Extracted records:
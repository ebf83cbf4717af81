ghost use Rattle.std.specs.Prelude.{◌≡◌, IfOk};
ghost use Rattle.qkd014_api.specs.Resources.{routes};

use crate::resource::Resource;
use declared_site::Site;
use matchit::Router;
use qkd_base::{Memory, Replica, Texts};
use sae_entitlements::Entitlements;
use std::alloc::Global;

/// The key delivery interface of the managers of a site: the names of its nodes, and its applications with the allowed pairs.
#[derive(Drop)]
pub struct Api {
    pub nodes: Texts,
    pub entitlements: Entitlements,
    pub(crate) router: Router<Resource>,
    ghost routed: { router ≡ routes },
}

impl Api {
    /// Makes the interface of a site.
    pub fn new(alloc: Global, site: &Site) -> Result<Self, Memory>
        ensures nodes { IfOk result (λ api. api.nodes ≡ site.now.nodes) }
        ensures entitlements { IfOk result (λ api. api.entitlements ≡ site.now.entitlements) }
    {
        let nodes = site.nodes.copy()?;
        let entitlements = site.entitlements.copy()?;
        let router = router(alloc)?;
        Ok(Api {
            nodes,
            entitlements,
            router,
        })
    }
}

// Makes the routes.
fn router(alloc: Global) -> Result<Router<Resource>, Memory>
    ensures { IfOk result (λ router. router ≡ routes) }
{
    let mut router = Router::new(alloc);
    match router.insert("/api/v1/keys/{sae}/status", Resource::Status) {
        Ok(()) => {}
        Err(_) => return Err(Memory),
    }
    match router.insert("/api/v1/keys/{sae}/enc_keys", Resource::EncKeys) {
        Ok(()) => {}
        Err(_) => return Err(Memory),
    }
    match router.insert("/api/v1/keys/{sae}/dec_keys", Resource::DecKeys) {
        Ok(()) => Ok(router),
        Err(_) => Err(Memory),
    }
}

__Your instructions__
For the word "keys", count how many lines of the entries contain it; give the number and nothing more.

__Task answer__
3